[Start of section]

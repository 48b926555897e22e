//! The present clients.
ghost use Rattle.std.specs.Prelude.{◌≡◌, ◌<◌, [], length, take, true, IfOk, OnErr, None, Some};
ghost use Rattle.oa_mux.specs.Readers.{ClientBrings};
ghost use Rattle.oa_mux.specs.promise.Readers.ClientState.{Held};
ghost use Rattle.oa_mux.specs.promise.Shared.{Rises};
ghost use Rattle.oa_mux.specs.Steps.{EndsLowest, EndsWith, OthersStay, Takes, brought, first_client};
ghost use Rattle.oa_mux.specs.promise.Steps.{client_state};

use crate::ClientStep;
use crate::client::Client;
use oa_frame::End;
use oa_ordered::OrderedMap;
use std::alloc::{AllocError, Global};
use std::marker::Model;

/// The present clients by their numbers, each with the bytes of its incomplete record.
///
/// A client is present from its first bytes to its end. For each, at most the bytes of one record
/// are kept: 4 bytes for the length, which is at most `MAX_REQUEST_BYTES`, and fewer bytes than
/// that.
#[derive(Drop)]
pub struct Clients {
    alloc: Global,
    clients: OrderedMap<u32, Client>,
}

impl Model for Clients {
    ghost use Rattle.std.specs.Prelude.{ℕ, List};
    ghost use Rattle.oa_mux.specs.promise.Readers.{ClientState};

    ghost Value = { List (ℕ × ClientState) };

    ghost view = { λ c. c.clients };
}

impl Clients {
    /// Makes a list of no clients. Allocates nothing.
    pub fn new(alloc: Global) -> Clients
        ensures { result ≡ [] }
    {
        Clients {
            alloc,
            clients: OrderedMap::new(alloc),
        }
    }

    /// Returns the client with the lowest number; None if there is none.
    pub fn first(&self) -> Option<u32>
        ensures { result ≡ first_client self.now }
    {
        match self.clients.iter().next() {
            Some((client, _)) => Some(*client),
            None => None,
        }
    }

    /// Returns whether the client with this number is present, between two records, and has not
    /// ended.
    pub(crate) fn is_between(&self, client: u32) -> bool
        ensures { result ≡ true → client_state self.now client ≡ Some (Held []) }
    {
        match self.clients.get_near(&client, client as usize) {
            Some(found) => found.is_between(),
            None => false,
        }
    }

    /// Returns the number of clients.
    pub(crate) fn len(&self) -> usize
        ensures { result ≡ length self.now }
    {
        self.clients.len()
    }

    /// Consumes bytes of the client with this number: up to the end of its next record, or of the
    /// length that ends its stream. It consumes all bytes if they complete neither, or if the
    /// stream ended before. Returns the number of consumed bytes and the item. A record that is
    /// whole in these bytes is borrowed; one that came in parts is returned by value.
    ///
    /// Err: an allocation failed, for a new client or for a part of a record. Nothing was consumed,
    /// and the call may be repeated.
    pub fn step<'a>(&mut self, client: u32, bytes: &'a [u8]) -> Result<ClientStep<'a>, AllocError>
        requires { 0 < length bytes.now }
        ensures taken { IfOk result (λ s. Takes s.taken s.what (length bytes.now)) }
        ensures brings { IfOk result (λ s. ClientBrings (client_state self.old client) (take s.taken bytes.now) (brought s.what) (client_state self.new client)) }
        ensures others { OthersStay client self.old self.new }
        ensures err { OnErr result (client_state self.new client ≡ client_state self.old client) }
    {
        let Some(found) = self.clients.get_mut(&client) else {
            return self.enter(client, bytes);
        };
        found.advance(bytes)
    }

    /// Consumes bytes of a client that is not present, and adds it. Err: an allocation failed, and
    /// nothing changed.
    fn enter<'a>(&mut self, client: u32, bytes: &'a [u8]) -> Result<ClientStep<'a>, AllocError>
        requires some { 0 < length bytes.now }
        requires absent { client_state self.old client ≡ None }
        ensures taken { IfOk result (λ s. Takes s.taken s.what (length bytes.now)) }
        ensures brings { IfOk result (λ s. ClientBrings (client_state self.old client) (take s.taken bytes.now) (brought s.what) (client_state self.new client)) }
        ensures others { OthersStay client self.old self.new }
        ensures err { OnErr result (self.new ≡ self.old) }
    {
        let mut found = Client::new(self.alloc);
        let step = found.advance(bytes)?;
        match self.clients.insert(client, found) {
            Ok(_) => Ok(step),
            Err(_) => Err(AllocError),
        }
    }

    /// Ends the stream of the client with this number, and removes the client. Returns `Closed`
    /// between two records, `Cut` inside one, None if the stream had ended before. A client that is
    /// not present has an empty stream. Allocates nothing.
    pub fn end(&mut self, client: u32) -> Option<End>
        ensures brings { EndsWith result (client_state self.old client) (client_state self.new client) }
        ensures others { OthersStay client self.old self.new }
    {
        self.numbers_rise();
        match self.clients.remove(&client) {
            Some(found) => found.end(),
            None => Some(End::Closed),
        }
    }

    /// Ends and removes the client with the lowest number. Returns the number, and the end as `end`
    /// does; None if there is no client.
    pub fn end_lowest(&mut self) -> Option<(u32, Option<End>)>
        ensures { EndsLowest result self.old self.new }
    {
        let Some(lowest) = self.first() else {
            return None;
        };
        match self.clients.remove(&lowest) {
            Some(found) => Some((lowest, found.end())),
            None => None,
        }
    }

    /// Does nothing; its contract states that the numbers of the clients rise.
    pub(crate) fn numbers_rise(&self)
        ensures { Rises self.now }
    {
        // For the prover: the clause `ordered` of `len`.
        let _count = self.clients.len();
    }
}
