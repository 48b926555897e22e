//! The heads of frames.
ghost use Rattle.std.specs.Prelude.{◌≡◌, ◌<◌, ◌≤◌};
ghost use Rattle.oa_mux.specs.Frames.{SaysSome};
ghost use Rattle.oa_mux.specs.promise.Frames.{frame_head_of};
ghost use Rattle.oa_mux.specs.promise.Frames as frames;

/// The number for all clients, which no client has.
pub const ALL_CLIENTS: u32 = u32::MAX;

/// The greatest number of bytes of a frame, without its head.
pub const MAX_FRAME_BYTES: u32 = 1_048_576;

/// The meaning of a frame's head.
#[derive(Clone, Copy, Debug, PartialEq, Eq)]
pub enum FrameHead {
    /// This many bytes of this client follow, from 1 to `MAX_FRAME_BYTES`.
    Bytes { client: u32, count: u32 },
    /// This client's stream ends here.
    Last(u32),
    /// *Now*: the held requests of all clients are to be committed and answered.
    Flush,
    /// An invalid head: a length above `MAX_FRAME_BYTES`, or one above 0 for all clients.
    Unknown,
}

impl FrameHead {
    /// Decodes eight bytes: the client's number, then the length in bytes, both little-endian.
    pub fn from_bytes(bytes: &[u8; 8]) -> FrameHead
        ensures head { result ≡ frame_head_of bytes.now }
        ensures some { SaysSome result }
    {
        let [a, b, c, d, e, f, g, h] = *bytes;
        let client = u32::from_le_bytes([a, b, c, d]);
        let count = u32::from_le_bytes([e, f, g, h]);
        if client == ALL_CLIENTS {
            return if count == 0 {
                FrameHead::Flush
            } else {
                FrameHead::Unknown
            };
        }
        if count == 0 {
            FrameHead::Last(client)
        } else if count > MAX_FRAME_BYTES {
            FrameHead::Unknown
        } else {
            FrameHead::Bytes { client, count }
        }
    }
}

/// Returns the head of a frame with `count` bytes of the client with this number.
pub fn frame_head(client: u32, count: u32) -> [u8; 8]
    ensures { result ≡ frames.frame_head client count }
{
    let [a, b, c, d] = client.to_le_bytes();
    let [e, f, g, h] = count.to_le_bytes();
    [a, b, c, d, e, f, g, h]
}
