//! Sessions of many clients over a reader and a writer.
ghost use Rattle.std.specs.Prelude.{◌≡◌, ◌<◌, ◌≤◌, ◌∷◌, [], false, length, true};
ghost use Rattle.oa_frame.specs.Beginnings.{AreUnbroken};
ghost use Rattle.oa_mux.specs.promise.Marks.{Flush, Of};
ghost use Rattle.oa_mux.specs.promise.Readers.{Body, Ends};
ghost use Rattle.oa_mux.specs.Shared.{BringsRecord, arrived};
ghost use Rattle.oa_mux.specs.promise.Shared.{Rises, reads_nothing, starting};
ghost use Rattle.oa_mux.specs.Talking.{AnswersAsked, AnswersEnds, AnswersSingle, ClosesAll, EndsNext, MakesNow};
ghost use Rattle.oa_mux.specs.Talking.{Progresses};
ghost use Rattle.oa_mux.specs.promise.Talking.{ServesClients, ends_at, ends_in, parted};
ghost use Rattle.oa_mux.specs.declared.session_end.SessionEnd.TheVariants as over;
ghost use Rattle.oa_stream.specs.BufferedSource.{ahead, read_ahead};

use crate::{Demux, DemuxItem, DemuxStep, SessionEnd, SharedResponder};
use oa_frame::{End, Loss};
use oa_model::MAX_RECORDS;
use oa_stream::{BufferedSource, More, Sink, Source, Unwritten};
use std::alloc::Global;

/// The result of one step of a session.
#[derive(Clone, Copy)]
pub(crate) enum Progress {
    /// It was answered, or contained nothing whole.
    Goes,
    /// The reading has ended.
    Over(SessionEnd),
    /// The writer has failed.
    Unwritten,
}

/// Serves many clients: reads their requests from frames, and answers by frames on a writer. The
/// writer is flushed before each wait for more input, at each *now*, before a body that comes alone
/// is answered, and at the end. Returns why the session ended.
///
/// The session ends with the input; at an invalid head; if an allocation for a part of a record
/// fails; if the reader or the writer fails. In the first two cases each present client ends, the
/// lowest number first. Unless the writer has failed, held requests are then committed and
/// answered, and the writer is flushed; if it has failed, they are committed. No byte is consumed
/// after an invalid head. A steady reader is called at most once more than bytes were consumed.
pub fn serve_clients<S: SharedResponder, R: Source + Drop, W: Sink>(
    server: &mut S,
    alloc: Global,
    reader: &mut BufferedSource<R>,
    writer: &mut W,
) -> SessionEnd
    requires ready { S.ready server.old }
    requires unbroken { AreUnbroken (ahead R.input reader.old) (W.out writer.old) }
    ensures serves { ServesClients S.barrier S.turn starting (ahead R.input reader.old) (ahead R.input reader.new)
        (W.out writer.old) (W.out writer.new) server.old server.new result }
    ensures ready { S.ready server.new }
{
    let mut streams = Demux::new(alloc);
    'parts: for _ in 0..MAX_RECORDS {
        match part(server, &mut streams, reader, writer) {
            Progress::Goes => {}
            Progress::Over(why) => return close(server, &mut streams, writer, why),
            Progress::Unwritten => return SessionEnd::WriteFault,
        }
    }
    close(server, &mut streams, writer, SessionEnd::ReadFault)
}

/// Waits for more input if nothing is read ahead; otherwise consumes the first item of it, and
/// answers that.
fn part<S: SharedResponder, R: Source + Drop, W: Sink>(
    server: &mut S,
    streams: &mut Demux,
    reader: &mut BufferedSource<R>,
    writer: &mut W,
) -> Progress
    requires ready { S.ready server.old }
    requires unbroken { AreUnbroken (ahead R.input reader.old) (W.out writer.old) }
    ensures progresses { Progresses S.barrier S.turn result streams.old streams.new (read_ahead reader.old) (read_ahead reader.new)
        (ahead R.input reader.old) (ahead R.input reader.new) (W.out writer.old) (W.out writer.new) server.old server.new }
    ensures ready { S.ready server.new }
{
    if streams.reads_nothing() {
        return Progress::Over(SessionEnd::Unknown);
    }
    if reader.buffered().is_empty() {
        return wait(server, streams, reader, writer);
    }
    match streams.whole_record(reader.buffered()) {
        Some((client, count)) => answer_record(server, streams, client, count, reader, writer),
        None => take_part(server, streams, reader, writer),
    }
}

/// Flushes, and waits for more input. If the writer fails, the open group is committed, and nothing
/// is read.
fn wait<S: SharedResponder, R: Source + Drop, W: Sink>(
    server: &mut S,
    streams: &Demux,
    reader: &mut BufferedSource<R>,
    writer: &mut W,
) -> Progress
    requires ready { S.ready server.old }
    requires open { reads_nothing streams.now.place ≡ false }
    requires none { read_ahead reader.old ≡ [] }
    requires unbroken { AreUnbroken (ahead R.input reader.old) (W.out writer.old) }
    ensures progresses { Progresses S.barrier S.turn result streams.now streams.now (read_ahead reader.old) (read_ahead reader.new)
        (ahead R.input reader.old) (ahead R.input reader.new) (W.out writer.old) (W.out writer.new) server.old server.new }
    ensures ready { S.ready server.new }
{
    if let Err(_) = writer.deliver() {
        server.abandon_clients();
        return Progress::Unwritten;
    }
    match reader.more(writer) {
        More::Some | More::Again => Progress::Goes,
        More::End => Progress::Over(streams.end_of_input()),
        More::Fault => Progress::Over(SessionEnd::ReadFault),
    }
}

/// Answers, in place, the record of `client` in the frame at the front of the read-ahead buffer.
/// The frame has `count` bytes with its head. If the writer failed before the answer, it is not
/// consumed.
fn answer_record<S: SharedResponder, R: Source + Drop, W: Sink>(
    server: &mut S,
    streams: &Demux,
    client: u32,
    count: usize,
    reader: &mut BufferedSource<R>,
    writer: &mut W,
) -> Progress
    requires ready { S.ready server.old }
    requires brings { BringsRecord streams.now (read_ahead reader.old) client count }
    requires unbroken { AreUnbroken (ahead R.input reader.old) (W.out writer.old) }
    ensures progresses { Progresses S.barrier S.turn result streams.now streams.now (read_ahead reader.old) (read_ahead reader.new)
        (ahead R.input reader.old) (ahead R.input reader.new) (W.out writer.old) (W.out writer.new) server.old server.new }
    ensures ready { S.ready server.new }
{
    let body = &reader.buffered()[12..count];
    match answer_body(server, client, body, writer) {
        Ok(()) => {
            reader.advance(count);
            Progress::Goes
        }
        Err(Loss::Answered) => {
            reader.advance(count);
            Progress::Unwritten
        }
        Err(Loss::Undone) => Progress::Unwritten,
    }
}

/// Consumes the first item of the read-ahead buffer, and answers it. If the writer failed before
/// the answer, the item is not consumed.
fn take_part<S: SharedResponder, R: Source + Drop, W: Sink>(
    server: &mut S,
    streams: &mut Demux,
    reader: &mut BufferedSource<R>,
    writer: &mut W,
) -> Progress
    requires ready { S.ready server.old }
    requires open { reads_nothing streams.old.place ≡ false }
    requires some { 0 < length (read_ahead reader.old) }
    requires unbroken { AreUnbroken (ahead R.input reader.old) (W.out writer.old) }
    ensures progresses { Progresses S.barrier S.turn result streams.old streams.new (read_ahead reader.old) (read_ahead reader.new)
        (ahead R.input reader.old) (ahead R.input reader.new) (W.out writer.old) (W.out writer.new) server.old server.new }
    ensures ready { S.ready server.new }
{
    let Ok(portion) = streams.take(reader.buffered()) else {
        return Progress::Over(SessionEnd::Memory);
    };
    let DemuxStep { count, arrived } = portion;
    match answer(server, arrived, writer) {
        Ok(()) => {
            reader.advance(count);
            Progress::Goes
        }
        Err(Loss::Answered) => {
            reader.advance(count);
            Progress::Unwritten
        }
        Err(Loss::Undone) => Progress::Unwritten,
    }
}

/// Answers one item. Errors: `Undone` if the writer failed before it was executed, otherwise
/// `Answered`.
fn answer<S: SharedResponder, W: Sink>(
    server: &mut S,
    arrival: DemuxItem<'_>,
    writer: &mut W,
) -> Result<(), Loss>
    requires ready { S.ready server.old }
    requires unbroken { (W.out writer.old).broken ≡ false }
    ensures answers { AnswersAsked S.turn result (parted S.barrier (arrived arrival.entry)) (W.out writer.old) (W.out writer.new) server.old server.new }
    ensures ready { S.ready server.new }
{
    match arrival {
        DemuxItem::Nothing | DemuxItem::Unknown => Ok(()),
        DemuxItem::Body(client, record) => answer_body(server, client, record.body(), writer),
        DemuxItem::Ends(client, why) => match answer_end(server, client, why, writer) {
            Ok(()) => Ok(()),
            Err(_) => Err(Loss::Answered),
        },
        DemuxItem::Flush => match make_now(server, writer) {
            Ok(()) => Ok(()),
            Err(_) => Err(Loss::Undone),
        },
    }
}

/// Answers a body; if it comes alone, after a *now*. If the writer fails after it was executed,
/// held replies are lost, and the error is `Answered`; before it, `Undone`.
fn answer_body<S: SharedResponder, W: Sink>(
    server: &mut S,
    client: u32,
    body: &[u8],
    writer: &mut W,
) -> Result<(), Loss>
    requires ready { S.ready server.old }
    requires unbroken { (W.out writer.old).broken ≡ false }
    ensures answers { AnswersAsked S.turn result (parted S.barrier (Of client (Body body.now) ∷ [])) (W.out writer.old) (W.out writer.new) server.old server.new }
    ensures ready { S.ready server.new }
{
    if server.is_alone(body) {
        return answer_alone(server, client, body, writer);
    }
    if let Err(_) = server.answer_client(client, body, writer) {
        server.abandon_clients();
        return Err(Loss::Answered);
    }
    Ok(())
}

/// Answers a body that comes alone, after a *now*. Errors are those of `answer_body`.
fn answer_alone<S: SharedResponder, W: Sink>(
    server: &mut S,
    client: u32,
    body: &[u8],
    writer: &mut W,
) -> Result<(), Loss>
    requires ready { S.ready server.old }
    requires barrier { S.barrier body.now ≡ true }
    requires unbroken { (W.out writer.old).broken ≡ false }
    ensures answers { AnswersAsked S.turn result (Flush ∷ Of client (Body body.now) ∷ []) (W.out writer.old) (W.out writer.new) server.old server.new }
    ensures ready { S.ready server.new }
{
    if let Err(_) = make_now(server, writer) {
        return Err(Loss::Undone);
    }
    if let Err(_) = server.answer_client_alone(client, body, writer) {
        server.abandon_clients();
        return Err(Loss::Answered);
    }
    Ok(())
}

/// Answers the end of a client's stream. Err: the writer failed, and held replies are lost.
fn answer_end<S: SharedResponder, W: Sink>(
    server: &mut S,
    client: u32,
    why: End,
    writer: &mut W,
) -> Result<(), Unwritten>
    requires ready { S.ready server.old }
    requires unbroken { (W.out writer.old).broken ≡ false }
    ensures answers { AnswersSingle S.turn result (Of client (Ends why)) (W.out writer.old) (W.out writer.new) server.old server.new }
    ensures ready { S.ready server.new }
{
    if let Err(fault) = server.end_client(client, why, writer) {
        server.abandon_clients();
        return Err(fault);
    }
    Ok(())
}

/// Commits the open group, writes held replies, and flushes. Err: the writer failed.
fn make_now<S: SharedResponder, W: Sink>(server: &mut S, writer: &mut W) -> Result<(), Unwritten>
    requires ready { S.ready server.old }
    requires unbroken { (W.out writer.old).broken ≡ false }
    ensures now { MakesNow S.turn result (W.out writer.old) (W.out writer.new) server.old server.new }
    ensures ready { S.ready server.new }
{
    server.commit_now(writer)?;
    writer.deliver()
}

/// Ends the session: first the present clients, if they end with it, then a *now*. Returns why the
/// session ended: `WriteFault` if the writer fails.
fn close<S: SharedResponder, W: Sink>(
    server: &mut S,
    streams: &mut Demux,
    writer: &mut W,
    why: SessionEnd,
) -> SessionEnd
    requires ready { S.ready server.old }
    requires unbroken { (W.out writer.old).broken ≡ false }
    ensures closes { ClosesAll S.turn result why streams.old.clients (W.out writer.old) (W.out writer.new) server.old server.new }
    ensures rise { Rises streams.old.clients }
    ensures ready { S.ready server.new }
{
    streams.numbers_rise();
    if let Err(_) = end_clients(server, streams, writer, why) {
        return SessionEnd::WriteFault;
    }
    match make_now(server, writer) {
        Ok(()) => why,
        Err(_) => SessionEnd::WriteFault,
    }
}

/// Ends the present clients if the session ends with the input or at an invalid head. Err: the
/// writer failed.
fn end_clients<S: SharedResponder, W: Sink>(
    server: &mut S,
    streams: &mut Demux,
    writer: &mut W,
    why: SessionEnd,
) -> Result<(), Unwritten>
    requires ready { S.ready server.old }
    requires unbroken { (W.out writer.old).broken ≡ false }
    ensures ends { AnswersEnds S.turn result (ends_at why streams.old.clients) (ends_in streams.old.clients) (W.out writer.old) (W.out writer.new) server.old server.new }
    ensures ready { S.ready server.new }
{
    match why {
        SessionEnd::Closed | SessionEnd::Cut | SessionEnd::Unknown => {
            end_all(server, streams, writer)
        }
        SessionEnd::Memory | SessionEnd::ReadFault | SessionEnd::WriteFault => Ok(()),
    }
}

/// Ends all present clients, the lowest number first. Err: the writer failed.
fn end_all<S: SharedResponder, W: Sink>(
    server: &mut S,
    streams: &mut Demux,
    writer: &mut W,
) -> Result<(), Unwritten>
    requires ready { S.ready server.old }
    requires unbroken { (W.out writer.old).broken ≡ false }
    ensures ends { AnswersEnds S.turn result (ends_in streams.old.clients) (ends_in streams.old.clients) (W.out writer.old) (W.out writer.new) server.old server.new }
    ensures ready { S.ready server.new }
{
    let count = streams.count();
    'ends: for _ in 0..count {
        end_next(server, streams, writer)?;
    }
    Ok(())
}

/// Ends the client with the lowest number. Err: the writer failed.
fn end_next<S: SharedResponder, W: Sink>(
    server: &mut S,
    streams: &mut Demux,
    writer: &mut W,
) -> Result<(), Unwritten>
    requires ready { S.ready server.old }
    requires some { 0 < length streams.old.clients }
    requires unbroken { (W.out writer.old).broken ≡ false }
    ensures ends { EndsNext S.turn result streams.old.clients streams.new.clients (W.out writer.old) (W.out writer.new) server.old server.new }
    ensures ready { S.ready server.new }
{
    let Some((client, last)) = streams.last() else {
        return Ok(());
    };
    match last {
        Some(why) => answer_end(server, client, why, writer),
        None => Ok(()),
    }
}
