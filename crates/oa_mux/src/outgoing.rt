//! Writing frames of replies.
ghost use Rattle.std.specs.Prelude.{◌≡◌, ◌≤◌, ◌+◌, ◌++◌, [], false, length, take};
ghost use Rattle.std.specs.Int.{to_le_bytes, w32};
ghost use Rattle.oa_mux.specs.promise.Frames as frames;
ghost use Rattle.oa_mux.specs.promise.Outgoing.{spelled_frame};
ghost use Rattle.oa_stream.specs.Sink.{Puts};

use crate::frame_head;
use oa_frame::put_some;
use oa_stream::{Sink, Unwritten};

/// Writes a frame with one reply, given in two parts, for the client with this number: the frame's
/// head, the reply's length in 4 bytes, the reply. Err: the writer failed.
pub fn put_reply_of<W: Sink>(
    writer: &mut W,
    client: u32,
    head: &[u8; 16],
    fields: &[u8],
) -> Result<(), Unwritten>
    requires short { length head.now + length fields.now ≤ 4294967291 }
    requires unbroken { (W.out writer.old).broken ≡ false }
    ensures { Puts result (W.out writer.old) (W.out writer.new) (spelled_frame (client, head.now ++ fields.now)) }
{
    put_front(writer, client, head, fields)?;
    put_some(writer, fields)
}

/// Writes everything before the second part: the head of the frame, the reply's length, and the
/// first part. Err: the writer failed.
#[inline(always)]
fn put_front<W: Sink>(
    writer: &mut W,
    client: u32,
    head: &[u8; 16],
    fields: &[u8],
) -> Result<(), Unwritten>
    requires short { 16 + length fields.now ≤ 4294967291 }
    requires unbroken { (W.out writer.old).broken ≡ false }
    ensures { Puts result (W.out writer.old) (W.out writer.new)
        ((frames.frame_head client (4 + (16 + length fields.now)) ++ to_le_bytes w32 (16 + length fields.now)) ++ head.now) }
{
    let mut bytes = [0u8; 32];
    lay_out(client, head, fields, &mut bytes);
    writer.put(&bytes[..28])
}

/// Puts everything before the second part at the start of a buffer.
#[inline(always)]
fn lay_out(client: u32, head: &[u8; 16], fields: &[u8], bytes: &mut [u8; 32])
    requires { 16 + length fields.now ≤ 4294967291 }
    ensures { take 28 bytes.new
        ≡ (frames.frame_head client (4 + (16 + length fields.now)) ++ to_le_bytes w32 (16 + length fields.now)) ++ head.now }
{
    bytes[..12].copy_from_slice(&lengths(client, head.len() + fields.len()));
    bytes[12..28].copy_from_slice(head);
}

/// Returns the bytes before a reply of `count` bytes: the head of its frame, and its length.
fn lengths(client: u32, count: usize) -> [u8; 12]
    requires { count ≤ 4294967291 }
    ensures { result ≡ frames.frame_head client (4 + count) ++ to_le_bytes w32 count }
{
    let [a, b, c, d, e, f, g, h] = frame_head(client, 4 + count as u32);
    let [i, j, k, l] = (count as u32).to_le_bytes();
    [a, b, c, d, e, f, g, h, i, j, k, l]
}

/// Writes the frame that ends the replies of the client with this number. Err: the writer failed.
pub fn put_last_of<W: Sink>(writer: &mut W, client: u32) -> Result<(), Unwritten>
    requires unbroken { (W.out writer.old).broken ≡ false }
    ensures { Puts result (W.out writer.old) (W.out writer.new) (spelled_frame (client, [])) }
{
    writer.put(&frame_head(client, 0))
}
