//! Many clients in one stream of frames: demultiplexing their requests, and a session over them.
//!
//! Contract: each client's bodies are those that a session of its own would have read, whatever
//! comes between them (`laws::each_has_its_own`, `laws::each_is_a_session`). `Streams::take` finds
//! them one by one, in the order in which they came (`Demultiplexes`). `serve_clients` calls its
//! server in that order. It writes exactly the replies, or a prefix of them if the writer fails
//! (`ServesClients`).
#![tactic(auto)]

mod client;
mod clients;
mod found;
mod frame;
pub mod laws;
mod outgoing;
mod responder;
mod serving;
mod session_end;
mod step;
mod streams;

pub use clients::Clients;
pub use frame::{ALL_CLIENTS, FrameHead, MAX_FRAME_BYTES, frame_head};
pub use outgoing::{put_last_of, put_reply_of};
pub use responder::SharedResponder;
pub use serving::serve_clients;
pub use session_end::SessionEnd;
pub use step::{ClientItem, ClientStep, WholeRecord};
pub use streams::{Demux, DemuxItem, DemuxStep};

[End of section]

= EXERCISE DESCRIPTION =
Give only the number of lines in the records that contain the string "enum".

= REPLY =
2